The impact of a “poorly designed” risk retention requirement would consolidate the market into the hands of a few major lenders, according to the mortgage bankers.
“This is an ironic result in a bill that is trying to mitigate systemic risk and too-big-to-fail concerns,” the mortgage lenders contend.
Bank Monopolies Feared
Mortgage bankers are facing off on the issue with traditional banks, which have money on hand from short-term investments such as checking and saving accounts and CDs. In a statement, the American Bankers Association said that lenders with secured deposits already have enough capital on hand and should be excluded from the risk retention requirement, although it oppose some other parts of the proposed legislation.
“The big banks could certainly live with this,” said consultant Rosser.
But Lansing, of Universal Lending, isn’t so sure.
“Yes, large financial institutions could be better able to handle these requirements,” Lansing said. “But last year, something like $2.75 trillion in mortgage loans were made in the U.S. Is any bank in the country big enough to absorb those kind of costs and handle that kind of volume?”
Also, Lansing said that consumers would lose if only a few banks were making home loans.

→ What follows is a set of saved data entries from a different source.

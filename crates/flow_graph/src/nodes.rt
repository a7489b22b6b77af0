ghost use Rattle.std.specs.Prelude.{◌≡◌, ◌^◌, ◌<◌, ◌≤◌, List, [], ◌∷◌, ◌++◌, length, nat_eq};
ghost use Rattle.std.specs.Option.{option_eq};
ghost use Rattle.std.specs.Prelude.{option_map, slice_get, Contains, Some, IfOk, IfSome, IfNone};
ghost use Rattle.std.specs.Prelude.{OnOk, take};
ghost use Rattle.std.specs.Cmp.Lexicographic.{pointwise};
ghost use Rattle.read_decks.specs.InDeck.{loads_in};
ghost use Rattle.base_notes.specs.declared.notes.call.Call as said;
ghost use Rattle.machine_steps.specs.Calls.{none_open};
ghost use Rattle.machine_steps.specs.OpenIn.{open_in};
ghost use Rattle.base_graphs.specs.Graph.{AreDifferent};
ghost use Rattle.flow_graph.specs.Executed.{each_place, next_nodes, onward, same_node, with_new_by};
ghost use Rattle.flow_graph.specs.Found.{places_of};
ghost use Rattle.flow_graph.specs.Hops as graphs;
ghost use Rattle.flow_graph.specs.InNodes.{AreHeld, ArePlacedIn, node_in, nodes_in, ways_in};

use crate::location_set::LocationSet;
use crate::node::Node;
use crate::openings::{behind, index_behind};
use base_graphs::Distinct;
use base_notes::{Call, Notes};
use base_words::Location;
use machine_steps::Open;
use read_decks::Deck;
use std::alloc::{AllocError, Global};

/// Nodes without repeats, in the order in which they are found.
#[derive(Debug, Drop)]
pub struct Nodes {
    nodes: Distinct<Node>,
    openings: Vec<Open>,
}

impl Nodes {
    /// How many a flow graph has at most.
    pub const MOST: usize = 65_536;

    /// The node of the start alone, where nothing is open.
    pub fn new(alloc: Global, calls: &[Call], start: Location) -> Result<Nodes, AllocError>
        requires { length calls.now ≤ 64 }
        ensures nodes { IfOk result (λ nodes. nodes_in calls.now nodes
            ≡ record { place = start.number; ways = none_open calls.now } ∷ []) }
        ensures held { IfOk result (AreHeld calls.now) }
    {
        let mut openings = Vec::new(alloc);
        openings.push(Open::none())?;
        let mut nodes = Distinct::none(alloc);
        nodes.add(Node {
            location: start,
            opening: 0,
        })?;
        Ok(Nodes { nodes, openings })
    }

    /// The node at an index of the order, from 0; `None` past its end.
    pub fn get(&self, place: usize) -> Option<Node>
        ensures value { option_map (λ node. node) result
            ≡ slice_get self.now.nodes.keys.items place }
        ensures few { IfSome result (λ node. place < 2 ^ 63) }
    {
        self.nodes.as_slice().get(place).copied()
    }

    /// How many there are.
    pub fn len(&self) -> usize
        ensures { result ≡ length self.now.nodes.keys.items }
    {
        self.nodes.len()
    }

    /// The node at an index of the order, from 0.
    pub fn at(&self, index: usize) -> Node
        requires { index < length self.now.nodes.keys.items }
        ensures value { slice_get self.now.nodes.keys.items index ≡ Some result }
        ensures different { (calls : List said.Call) → AreHeld calls self.now
            → AreDifferent (nodes_in calls self.now) }
    {
        self.nodes.as_slice()[index]
    }

    /// The index of the node that an edge to a location leads to from a node; `None` where no step
    /// may go along it, or that node isn't there.
    pub fn index_onward(&self, notes: &Notes, from: Node, onto: Location) -> Option<usize>
        requires held { AreHeld notes.now.calls self.now }
        requires from { from.opening < length self.now.openings.items }
        ensures found { IfSome result (λ index. (next : graphs.Node)
            × (slice_get (nodes_in notes.now.calls self.now) index ≡ Some next)
            × (onward notes.now (node_in notes.now.calls self.now from) onto.number ≡ next ∷ [])) }
        ensures none { IfNone result ((next : graphs.Node)
            → Contains (nodes_in notes.now.calls self.now) next → ¬ Contains
            (onward notes.now (node_in notes.now.calls self.now from) onto.number) next) }
    {
        let calls = notes.calls();
        if !self.openings[from.opening].may_go(calls, from.location, onto) {
            return None;
        }
        let Ok(opening) = behind(&self.openings, calls, from.opening, from.location, onto) else {
            return None;
        };
        self.nodes.index_of(Node {
            location: onto,
            opening,
        })
    }

    /// Adds the node that an edge to a location leads to from a node, if a step may go along it and
    /// the node isn't there yet.
    fn add_onward(&mut self, notes: &Notes, from: Node, onto: Location) -> Result<(), AllocError>
        requires held { AreHeld notes.now.calls self.old }
        requires from { from.opening < length self.old.openings.items }
        ensures nodes { OnOk result (nodes_in notes.now.calls self.new ≡ with_new_by same_node
            (nodes_in notes.now.calls self.old)
            (onward notes.now (node_in notes.now.calls self.old from) onto.number)) }
        ensures held { OnOk result (AreHeld notes.now.calls self.new) }
        ensures kept { OnOk result ((more : _) × (self.new.openings.items
            ≡ self.old.openings.items ++ more)) }
    {
        let calls = notes.calls();
        if !self.openings[from.opening].may_go(calls, from.location, onto) {
            return Ok(());
        }
        let (before, from) = (from.opening, from.location);
        let opening = index_behind(&mut self.openings, calls, before, from, onto)?;
        self.nodes.add(Node {
            location: onto,
            opening,
        })?;
        Ok(())
    }

    /// Adds the nodes that edges lead to from a node, in the order of its hops, unless they are
    /// there.
    pub fn add_next(
        &mut self,
        alloc: Global,
        deck: &Deck,
        notes: &Notes,
        from: Node,
    ) -> Result<(), AllocError>
        requires held { AreHeld notes.now.calls self.old }
        requires from { from.opening < length self.old.openings.items }
        ensures nodes { OnOk result (nodes_in notes.now.calls self.new ≡ with_new_by same_node
            (nodes_in notes.now.calls self.old)
            (next_nodes (loads_in deck.now) notes.now (node_in notes.now.calls self.old from))) }
        ensures held { OnOk result (AreHeld notes.now.calls self.new) }
    {
        let mut targets = LocationSet::none(alloc);
        targets.add_successors(deck, notes, from.location)?;
        for onto in targets.locations() {
            self.add_onward(notes, from, *onto)?;
        }
        Ok(())
    }

    /// The first of them, as many as a flow graph has at most.
    fn first(&self) -> &[Node]
        ensures { result.now ≡ take 65536 self.now.nodes.keys.items }
    {
        let count = Nodes::MOST.min(self.nodes.len());
        &self.nodes.as_slice()[..count]
    }

    /// The locations of the first nodes, of as many as a flow graph has at most, each once.
    pub fn locations(&self, alloc: Global, calls: &[Call]) -> Result<LocationSet, AllocError>
        ensures { IfOk result (λ executed. places_of executed
            ≡ each_place (take 65536 (nodes_in calls.now self.now))) }
    {
        let mut executed = LocationSet::none(alloc);
        for node in self.first() {
            executed.add(node.location)?;
        }
        Ok(executed)
    }
}
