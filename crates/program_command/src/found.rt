//! The command that clap's matches stand for.
ghost use Rattle.std.specs.Prelude.{◌≡◌, ◌∷◌, ◌++◌, [], true, false, Some, is_some, map, codes};
ghost use Rattle.std.specs.Prelude.{option_map};
ghost use Rattle.std.specs.List.{list_all};
ghost use Rattle.std.specs.Option.{option_map_or};
ghost use Rattle.clap.specs.Words.{first_of, found_of, rows_of, subcommand_rows_of};
ghost use Rattle.program_command.specs.Line.{common, common_files, is_there, is_whole};
ghost use Rattle.program_command.specs.Line.{said_by, said_in};

use crate::command::{Command, Files, Question};
use crate::entries::{DECK, FileWord, INPUTS, NOTES, TIMES};
use clap::ArgMatches;

/// The command that was found, with all of its files.
pub(crate) fn command_in<'a>(matches: &ArgMatches<'a>) -> Command<'a>
    requires { option_map_or is_whole (subcommand_rows_of matches.now) false ≡ true }
    ensures { option_map said_in (subcommand_rows_of matches.now) ≡ Some (said_by result) }
{
    let Some((name, found)) = matches.subcommand() else {
        unreachable!()
    };
    command_of(name, found)
}

/// The command of this name, with the files that were found.
fn command_of<'a>(name: &str, found: &ArgMatches<'a>) -> Command<'a>
    requires { is_whole (name.now, rows_of (found_of found.now)) ≡ true }
    ensures { said_in (name.now, rows_of (found_of found.now)) ≡ said_by result }
{
    match name {
        "bound" => Command::Answer(Question::Bound, files_in(found)),
        "check" => Command::Check(files_in(found), file_if_named(found, INPUTS)),
        "report" => Command::Answer(Question::Report, files_in(found)),
        "walk" => Command::Answer(Question::Walk, files_in(found)),
        "waits" => Command::Answer(Question::Waits, files_in(found)),
        "table" => Command::Answer(Question::Table, files_in(found)),
        "size" => Command::Answer(Question::Size, files_in(found)),
        "graph" => Command::Answer(Question::Graph, files_in(found)),
        "outline" => Command::Answer(Question::Outline, files_in(found)),
        "draw" => draw_of(files_in(found), file_if_named(found, INPUTS)),
        "ceiling" => Command::Answer(Question::Ceiling, files_in(found)),
        "replay" => Command::Replay(files_in(found), file_in(found, INPUTS)),
        "trace" => Command::Trace(files_in(found), file_in(found, INPUTS)),
        _ => unreachable!(),
    }
}

/// What is drawn of files: the run of inputs, where these are named.
fn draw_of<'a>(files: Files<'a>, inputs: Option<&'a str>) -> Command<'a>
    ensures { said_by result
        ≡ (
          codes "draw",
          map Some (common files.entry)
              ++ option_map (λ name. name.now) inputs.entry ∷ [],
        ) }
{
    match inputs {
        Some(inputs) => Command::DrawRun(files, inputs),
        None => Command::Answer(Question::Draw, files),
    }
}

/// The files that every command works on.
fn files_in<'a>(found: &ArgMatches<'a>) -> Files<'a>
    requires { list_all (is_there (rows_of (found_of found.now))) common_files ≡ true }
    ensures { map (λ file. first_of file.name (rows_of (found_of found.now))) common_files
        ≡ map Some (common result) }
{
    Files {
        deck: file_in(found, DECK),
        times: file_in(found, TIMES),
        notes: file_in(found, NOTES),
    }
}

/// What was found for the file, if anything was.
fn file_if_named<'a>(found: &ArgMatches<'a>, file: FileWord) -> Option<&'a str>
    ensures { first_of file.name.now (rows_of (found_of found.now))
        ≡ option_map (λ text. text.now) result }
{
    found.get_str(file.name)
}

/// What was found for the file.
fn file_in<'a>(found: &ArgMatches<'a>, file: FileWord) -> &'a str
    requires { is_some (first_of file.name.now (rows_of (found_of found.now))) ≡ true }
    ensures { first_of file.name.now (rows_of (found_of found.now)) ≡ Some result.now }
{
    let Some(text) = file_if_named(found, file) else {
        unreachable!()
    };
    text
}
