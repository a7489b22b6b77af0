//! Whether the loop of one edge stands inside that of another one: how many loops stand round it,
//! and which mark's is the last.

ghost use Rattle.std.specs.Prelude.{◌↔◌, IsTrue, IfOk, map};
ghost use Rattle.base_notes.specs.EdgeOf.{edge_of};
ghost use Rattle.check_deck.specs.FindingsOf.{IsInsideIn};
ghost use Rattle.check_deck.specs.KnownInside.{AreKnown};
ghost use Rattle.check_deck.specs.Insides.{AreSoMany, IsLastNumber, IsMarkRound, IsRound};

use crate::nesting::Nesting;
use base_notes::{Edge, Edges};
use std::alloc::{AllocError, Global};

/// Inside how many loops of some edges that of another one stands.
pub fn loops_round(
    alloc: Global,
    nesting: &Nesting<'_>,
    edges: &[Edge],
    inner: Edge,
) -> Result<usize, AllocError>
    requires { AreKnown nesting.now }
    ensures { IfOk result (λ many. AreSoMany
        (λ outer. IsInsideIn nesting.now.flow.now outer (edge_of inner))
        (map edge_of edges.now) many) }
{
    let mut many = 0;
    for outer in edges {
        if !nesting.stands_inside(alloc, *outer, inner)? {
            continue;
        }
        many += 1;
    }
    Ok(many)
}

/// Whether the loop of one of a mark's edges stands inside that of another edge.
pub fn is_round(
    alloc: Global,
    nesting: &Nesting<'_>,
    outer: Edge,
    mark: &[Edge],
) -> Result<bool, AllocError>
    requires { AreKnown nesting.now }
    ensures { IfOk result (λ round. IsTrue round
        ↔ IsRound (IsInsideIn nesting.now.flow.now) (map edge_of mark.now) (edge_of outer)) }
{
    for inner in mark {
        if nesting.stands_inside(alloc, outer, *inner)? {
            return Ok(true);
        }
    }
    Ok(false)
}

/// Whether the loop of one of a mark's edges stands inside that of one of another mark's.
pub fn is_mark_round(
    alloc: Global,
    nesting: &Nesting<'_>,
    edges: &[Edge],
    mark: &[Edge],
) -> Result<bool, AllocError>
    requires { AreKnown nesting.now }
    ensures { IfOk result (λ round. IsTrue round ↔ IsMarkRound
        (IsInsideIn nesting.now.flow.now) (map edge_of mark.now) (map edge_of edges.now)) }
{
    for outer in edges {
        if is_round(alloc, nesting, *outer, mark)? {
            return Ok(true);
        }
    }
    Ok(false)
}

/// The number, from 1, of the last of some marks inside whose loop that of another one stands.
pub fn last_round(
    alloc: Global,
    nesting: &Nesting<'_>,
    marks: &[Edges],
    mark: &[Edge],
) -> Result<Option<usize>, AllocError>
    requires { AreKnown nesting.now }
    ensures { IfOk result (λ number. IsLastNumber
        (IsMarkRound (IsInsideIn nesting.now.flow.now) (map edge_of mark.now)) marks.now number) }
{
    let mut number = None;
    for (place, outer) in marks.iter().enumerate() {
        if !is_mark_round(alloc, nesting, outer.all(), mark)? {
            continue;
        }
        number = Some(place + 1);
    }
    Ok(number)
}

“What Congress, unintentionally would be doing is creating a situation where maybe only three or four lenders in the country would make all of the home loans,” Lansing said. “What Congress would be doing is creating monopolies. I’m not against regulation. I think our industry needs, good, sound regulations that make sense. For example, I think some kind of risk retention probably is appropriate when making high-risk loans. But I am against monopolies.”
The Mortgage Bankers Association, which represents about 280,000 people nationwide, strongly opposes the measure, saying it would have “dire consequences” for mortgage markets.
The provision would “unnecessarily stem competition, reducing choices and increasing the costs of credit for consumers,” according to the group. “At the same time, smaller community banks and even larger depositories would be constrained from lending – and available funds for home financing would be reduced by countless billions of dollars – to meet reserve requirements,” according to the MBA.
Grassroots group shares concerns
And the American Homeowners Grassroots Alliance, which in the past has butted heads with lenders on many issues, worries that the risk-retention requirement will require more more responsible lending, “it may also somewhat limit the availability of mortgage loans for qualified borrowers and thereby slow the housing market’s economic recovery.”
It urged the banking committee to avoid this unintended consequence.